§ **Problem to solve**
The full listing should be set down exactly as it reads.

§ **Records shown**

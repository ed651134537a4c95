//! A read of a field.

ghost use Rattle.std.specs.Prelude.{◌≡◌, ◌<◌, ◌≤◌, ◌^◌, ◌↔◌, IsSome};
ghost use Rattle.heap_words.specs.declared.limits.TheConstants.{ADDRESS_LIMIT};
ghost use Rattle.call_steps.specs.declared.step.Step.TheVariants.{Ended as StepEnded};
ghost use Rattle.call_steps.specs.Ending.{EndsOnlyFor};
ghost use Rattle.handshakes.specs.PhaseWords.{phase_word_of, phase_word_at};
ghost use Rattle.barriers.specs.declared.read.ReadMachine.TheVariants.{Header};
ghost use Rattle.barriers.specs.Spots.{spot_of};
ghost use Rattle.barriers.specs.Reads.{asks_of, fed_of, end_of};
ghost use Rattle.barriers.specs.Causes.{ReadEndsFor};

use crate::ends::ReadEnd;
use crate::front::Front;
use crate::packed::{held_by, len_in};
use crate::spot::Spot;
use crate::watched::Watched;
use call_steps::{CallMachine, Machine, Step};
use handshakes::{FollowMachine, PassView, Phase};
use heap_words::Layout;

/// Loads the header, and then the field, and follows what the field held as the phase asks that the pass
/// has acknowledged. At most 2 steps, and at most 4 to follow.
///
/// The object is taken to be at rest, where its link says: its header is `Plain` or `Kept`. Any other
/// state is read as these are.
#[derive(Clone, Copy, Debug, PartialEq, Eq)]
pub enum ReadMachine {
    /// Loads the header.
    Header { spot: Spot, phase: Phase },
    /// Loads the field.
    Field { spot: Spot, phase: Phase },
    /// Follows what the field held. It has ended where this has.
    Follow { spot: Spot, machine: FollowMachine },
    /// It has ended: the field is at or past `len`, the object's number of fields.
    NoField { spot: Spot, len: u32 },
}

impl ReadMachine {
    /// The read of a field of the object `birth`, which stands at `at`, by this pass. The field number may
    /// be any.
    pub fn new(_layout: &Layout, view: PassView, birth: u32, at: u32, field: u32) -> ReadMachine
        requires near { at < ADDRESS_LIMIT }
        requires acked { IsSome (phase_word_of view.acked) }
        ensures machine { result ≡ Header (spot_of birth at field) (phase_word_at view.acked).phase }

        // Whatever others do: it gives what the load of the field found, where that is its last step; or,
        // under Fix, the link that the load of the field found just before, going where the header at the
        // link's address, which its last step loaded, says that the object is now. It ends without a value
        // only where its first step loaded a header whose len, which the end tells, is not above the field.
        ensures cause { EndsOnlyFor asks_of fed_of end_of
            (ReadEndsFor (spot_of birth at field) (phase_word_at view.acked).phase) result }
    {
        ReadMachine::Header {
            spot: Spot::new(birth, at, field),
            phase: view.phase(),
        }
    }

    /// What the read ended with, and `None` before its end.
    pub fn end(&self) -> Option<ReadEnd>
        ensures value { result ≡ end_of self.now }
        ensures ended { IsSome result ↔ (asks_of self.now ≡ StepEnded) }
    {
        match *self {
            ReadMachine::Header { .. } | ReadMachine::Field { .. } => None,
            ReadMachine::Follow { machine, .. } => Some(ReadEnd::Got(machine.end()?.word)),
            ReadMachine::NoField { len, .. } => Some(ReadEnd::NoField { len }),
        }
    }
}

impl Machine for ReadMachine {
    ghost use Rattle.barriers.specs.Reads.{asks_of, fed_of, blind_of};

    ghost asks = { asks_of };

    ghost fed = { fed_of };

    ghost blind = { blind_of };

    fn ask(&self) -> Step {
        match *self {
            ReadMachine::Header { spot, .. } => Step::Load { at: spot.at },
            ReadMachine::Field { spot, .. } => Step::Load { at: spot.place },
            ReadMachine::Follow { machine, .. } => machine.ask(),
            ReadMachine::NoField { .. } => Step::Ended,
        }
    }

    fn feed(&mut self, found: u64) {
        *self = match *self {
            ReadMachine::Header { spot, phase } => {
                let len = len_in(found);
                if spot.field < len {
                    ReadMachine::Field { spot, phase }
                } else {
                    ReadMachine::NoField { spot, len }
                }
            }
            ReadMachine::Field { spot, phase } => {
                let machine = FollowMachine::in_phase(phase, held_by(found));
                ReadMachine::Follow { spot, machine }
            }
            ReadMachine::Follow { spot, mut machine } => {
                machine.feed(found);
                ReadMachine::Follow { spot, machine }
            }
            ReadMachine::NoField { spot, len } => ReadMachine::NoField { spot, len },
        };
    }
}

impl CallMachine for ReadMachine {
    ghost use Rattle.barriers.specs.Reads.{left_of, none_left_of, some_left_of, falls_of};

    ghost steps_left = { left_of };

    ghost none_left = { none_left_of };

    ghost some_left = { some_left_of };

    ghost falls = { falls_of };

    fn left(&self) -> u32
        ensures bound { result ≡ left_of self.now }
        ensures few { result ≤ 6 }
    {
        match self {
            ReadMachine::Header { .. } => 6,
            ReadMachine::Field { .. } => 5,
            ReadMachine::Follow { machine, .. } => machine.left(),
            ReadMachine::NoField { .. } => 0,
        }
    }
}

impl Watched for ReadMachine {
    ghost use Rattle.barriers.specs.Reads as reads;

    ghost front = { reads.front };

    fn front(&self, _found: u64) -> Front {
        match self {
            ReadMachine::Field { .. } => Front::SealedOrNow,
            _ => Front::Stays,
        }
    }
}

§ **Result of the task**
repository ed651134537a4c95
//! A read of a field.

ghost use Rattle.std.specs.Prelude.{◌≡◌, ◌<◌, ◌≤◌, ◌^◌, ◌↔◌, IsSome};
ghost use Rattle.heap_words.specs.declared.limits.TheConstants.{ADDRESS_LIMIT};
ghost use Rattle.call_steps.specs.declared.step.Step.TheVariants.{Ended as StepEnded};
ghost use Rattle.call_steps.specs.Ending.{EndsOnlyFor};
ghost use Rattle.handshakes.specs.PhaseWords.{phase_word_of, phase_word_at};
ghost use Rattle.barriers.specs.declared.read.ReadMachine.TheVariants.{Header};
ghost use Rattle.barriers.specs.Spots.{spot_of};
ghost use Rattle.barriers.specs.Reads.{asks_of, fed_of, end_of};
ghost use Rattle.barriers.specs.Causes.{ReadEndsFor};

use crate::ends::ReadEnd;
use crate::front::Front;
use crate::packed::{held_by, len_in};
use crate::spot::Spot;
use crate::watched::Watched;
use call_steps::{CallMachine, Machine, Step};
use handshakes::{FollowMachine, PassView, Phase};
use heap_words::Layout;

/// Loads the header, and then the field, and follows what the field held as the phase asks that the pass
/// has acknowledged. At most 2 steps, and at most 4 to follow.
///
/// The object is taken to be at rest, where its link says: its header is `Plain` or `Kept`. Any other
/// state is read as these are.
#[derive(Clone, Copy, Debug, PartialEq, Eq)]
pub enum ReadMachine {
    /// Loads the header.
    Header { spot: Spot, phase: Phase },
    /// Loads the field.
    Field { spot: Spot, phase: Phase },
    /// Follows what the field held. It has ended where this has.
    Follow { spot: Spot, machine: FollowMachine },
    /// It has ended: the field is at or past `len`, the object's number of fields.
    NoField { spot: Spot, len: u32 },
}

impl ReadMachine {
    /// The read of a field of the object `birth`, which stands at `at`, by this pass. The field number may
    /// be any.
    pub fn new(_layout: &Layout, view: PassView, birth: u32, at: u32, field: u32) -> ReadMachine
        requires near { at < ADDRESS_LIMIT }
        requires acked { IsSome (phase_word_of view.acked) }
        ensures machine { result ≡ Header (spot_of birth at field) (phase_word_at view.acked).phase }

        // Whatever others do: it gives what the load of the field found, where that is its last step; or,
        // under Fix, the link that the load of the field found just before, going where the header at the
        // link's address, which its last step loaded, says that the object is now. It ends without a value
        // only where its first step loaded a header whose len, which the end tells, is not above the field.
        ensures cause { EndsOnlyFor asks_of fed_of end_of
            (ReadEndsFor (spot_of birth at field) (phase_word_at view.acked).phase) result }
    {
        ReadMachine::Header {
            spot: Spot::new(birth, at, field),
            phase: view.phase(),
        }
    }

    /// What the read ended with, and `None` before its end.
    pub fn end(&self) -> Option<ReadEnd>
        ensures value { result ≡ end_of self.now }
        ensures ended { IsSome result ↔ (asks_of self.now ≡ StepEnded) }
    {
        match *self {
            ReadMachine::Header { .. } | ReadMachine::Field { .. } => None,
            ReadMachine::Follow { machine, .. } => Some(ReadEnd::Got(machine.end()?.word)),
            ReadMachine::NoField { len, .. } => Some(ReadEnd::NoField { len }),
        }
    }
}

impl Machine for ReadMachine {
    ghost use Rattle.barriers.specs.Reads.{asks_of, fed_of, blind_of};

    ghost asks = { asks_of };

    ghost fed = { fed_of };

    ghost blind = { blind_of };

    fn ask(&self) -> Step {
        match *self {
            ReadMachine::Header { spot, .. } => Step::Load { at: spot.at },
            ReadMachine::Field { spot, .. } => Step::Load { at: spot.place },
            ReadMachine::Follow { machine, .. } => machine.ask(),
            ReadMachine::NoField { .. } => Step::Ended,
        }
    }

    fn feed(&mut self, found: u64) {
        *self = match *self {
            ReadMachine::Header { spot, phase } => {
                let len = len_in(found);
                if spot.field < len {
                    ReadMachine::Field { spot, phase }
                } else {
                    ReadMachine::NoField { spot, len }
                }
            }
            ReadMachine::Field { spot, phase } => {
                let machine = FollowMachine::in_phase(phase, held_by(found));
                ReadMachine::Follow { spot, machine }
            }
            ReadMachine::Follow { spot, mut machine } => {
                machine.feed(found);
                ReadMachine::Follow { spot, machine }
            }
            ReadMachine::NoField { spot, len } => ReadMachine::NoField { spot, len },
        };
    }
}

impl CallMachine for ReadMachine {
    ghost use Rattle.barriers.specs.Reads.{left_of, none_left_of, some_left_of, falls_of};

    ghost steps_left = { left_of };

    ghost none_left = { none_left_of };

    ghost some_left = { some_left_of };

    ghost falls = { falls_of };

    fn left(&self) -> u32
        ensures bound { result ≡ left_of self.now }
        ensures few { result ≤ 6 }
    {
        match self {
            ReadMachine::Header { .. } => 6,
            ReadMachine::Field { .. } => 5,
            ReadMachine::Follow { machine, .. } => machine.left(),
            ReadMachine::NoField { .. } => 0,
        }
    }
}

impl Watched for ReadMachine {
    ghost use Rattle.barriers.specs.Reads as reads;

    ghost front = { reads.front };

    fn front(&self, _found: u64) -> Front {
        match self {
            ReadMachine::Field { .. } => Front::SealedOrNow,
            _ => Front::Stays,
        }
    }
}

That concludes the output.